DIRECTIONS FOR THIS TASK: Go through the entries below and report how many lines contain the string "IsAfter". Nothing but the number is wanted.

[MATERIAL PROVIDED — start]

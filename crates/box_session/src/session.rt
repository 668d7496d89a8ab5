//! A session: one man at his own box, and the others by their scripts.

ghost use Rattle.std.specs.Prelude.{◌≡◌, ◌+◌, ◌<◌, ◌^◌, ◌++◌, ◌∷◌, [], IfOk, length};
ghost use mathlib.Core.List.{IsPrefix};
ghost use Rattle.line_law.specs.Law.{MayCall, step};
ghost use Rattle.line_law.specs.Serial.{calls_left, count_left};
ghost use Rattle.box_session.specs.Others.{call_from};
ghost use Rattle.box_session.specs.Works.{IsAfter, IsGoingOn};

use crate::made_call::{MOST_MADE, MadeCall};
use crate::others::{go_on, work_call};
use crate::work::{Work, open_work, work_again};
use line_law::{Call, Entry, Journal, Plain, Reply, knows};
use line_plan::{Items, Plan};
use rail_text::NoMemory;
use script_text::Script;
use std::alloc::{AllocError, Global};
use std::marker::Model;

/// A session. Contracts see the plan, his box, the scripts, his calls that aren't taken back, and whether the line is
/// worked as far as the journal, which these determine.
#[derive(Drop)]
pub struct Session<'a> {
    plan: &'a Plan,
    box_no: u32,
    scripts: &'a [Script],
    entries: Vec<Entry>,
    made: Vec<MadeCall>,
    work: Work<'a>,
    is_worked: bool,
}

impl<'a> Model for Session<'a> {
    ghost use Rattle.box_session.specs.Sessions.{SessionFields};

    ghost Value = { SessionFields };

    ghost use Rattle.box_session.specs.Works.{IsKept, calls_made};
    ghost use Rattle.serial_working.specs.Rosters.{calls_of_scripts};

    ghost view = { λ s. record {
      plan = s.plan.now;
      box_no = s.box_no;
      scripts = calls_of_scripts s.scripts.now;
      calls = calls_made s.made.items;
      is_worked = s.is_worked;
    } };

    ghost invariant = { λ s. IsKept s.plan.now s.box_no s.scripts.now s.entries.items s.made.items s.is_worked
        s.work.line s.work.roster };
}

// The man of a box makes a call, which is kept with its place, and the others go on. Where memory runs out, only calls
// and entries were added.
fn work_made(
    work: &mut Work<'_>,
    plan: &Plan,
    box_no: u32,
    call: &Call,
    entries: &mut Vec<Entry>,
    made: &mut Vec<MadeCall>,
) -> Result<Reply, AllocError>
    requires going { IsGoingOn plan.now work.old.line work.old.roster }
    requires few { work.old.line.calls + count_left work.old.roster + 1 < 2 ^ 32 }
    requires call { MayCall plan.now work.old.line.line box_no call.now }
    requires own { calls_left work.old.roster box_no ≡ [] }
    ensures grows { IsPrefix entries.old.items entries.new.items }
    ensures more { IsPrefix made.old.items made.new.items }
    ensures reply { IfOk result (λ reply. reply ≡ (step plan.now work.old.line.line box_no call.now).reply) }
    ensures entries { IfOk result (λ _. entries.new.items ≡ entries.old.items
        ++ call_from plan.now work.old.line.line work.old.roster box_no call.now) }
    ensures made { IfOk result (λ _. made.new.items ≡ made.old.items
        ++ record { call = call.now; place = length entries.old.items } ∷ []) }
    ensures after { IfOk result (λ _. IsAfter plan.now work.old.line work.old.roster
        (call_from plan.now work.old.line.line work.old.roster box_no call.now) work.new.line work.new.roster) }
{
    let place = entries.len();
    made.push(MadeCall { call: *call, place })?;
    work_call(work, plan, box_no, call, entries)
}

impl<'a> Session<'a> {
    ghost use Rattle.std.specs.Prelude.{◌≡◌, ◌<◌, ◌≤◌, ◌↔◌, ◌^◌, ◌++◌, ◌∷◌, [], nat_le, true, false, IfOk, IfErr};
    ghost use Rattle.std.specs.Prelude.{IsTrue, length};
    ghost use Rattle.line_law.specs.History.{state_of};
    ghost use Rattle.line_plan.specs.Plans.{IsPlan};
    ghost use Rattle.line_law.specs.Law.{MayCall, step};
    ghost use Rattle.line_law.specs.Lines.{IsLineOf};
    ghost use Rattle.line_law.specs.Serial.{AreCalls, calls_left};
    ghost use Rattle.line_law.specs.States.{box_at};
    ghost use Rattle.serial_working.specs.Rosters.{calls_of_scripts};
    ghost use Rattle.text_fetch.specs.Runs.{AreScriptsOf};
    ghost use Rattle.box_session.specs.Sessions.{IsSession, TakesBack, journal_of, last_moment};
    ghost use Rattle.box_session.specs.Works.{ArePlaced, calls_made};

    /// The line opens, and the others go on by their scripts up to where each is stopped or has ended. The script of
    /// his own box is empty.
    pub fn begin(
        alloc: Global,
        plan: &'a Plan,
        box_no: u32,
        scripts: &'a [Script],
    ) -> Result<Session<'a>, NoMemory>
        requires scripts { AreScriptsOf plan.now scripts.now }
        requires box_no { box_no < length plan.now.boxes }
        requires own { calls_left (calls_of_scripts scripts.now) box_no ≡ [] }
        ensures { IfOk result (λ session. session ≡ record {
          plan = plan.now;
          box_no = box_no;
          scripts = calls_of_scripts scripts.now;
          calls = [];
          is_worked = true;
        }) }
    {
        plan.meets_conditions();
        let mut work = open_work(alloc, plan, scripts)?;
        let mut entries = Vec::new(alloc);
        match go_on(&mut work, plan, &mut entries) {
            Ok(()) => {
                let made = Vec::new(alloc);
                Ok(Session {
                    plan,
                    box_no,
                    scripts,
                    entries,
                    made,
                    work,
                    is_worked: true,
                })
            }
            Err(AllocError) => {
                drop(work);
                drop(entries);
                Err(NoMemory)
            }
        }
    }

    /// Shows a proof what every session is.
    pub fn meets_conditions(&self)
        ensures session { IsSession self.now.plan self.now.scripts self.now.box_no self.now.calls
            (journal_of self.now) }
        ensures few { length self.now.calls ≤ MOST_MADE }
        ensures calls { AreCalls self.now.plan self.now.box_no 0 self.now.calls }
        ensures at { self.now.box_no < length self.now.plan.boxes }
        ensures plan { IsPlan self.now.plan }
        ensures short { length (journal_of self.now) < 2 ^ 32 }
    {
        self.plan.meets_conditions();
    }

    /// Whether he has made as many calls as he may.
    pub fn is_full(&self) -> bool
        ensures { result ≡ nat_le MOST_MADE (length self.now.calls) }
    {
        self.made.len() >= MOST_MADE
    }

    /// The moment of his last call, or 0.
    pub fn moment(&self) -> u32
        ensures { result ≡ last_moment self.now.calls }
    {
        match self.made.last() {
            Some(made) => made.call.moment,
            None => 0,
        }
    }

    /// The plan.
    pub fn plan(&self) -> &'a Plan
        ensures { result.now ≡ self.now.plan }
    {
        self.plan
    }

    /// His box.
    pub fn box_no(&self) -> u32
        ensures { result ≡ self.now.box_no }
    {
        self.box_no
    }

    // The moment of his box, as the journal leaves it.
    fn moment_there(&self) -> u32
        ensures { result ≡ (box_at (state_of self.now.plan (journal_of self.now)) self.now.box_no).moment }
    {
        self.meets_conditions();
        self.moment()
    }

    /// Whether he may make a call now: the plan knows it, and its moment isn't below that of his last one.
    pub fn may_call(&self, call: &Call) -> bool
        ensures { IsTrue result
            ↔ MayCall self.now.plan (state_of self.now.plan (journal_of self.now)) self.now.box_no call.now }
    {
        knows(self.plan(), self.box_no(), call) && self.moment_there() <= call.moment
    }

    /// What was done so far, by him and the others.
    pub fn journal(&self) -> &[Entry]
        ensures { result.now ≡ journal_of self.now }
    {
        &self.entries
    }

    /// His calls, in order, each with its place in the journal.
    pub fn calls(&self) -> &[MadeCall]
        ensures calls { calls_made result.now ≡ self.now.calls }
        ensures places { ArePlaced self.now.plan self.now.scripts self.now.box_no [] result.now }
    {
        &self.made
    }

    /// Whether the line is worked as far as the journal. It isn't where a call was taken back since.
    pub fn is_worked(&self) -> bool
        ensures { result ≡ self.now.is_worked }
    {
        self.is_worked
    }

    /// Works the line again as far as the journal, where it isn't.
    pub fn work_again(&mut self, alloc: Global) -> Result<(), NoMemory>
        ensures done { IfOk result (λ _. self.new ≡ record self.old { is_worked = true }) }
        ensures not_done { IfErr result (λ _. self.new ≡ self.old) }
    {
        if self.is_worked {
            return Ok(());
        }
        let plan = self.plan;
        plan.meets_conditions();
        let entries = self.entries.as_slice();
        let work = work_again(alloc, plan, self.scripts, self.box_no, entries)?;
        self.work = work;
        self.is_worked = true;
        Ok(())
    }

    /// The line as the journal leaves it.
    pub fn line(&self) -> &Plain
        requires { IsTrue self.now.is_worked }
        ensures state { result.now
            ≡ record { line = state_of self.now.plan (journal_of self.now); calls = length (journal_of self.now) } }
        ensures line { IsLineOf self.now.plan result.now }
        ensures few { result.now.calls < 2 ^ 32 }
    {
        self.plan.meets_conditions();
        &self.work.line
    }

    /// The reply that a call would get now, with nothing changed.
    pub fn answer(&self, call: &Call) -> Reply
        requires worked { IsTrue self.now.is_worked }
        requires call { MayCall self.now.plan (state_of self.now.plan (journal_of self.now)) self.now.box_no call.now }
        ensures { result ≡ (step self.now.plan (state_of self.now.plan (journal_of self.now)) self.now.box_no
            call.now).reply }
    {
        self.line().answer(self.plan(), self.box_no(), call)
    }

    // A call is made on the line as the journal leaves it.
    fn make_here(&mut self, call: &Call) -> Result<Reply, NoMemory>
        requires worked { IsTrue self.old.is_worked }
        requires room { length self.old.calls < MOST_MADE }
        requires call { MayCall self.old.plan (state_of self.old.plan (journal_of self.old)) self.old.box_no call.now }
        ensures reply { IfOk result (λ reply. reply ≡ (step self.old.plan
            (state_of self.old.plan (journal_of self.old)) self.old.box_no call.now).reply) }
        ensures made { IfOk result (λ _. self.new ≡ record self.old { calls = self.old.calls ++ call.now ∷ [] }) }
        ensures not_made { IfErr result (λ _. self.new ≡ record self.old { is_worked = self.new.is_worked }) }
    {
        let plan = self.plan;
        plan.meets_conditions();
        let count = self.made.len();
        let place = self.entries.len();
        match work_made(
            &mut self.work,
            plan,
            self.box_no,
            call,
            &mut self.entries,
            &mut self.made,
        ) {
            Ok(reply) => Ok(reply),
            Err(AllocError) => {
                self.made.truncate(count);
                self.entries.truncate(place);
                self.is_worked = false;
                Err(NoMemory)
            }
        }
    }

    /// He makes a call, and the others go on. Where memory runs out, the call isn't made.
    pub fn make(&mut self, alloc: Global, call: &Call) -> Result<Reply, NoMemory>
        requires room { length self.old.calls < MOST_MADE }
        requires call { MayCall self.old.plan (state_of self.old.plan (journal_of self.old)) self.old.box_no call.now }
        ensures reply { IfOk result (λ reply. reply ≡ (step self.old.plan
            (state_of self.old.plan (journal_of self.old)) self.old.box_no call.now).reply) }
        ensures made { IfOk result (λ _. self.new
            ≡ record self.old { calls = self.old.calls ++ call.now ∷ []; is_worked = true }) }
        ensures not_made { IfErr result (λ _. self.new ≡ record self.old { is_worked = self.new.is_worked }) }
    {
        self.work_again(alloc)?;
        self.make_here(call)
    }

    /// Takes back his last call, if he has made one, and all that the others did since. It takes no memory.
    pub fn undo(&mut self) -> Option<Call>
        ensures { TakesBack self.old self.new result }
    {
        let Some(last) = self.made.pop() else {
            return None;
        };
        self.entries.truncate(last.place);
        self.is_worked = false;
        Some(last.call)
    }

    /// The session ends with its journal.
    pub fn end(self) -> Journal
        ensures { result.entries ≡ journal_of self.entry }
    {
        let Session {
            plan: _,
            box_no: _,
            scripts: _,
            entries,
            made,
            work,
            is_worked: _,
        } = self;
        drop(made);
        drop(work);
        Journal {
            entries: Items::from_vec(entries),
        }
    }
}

[MATERIAL PROVIDED — finish]

TASK RESPONSE: 2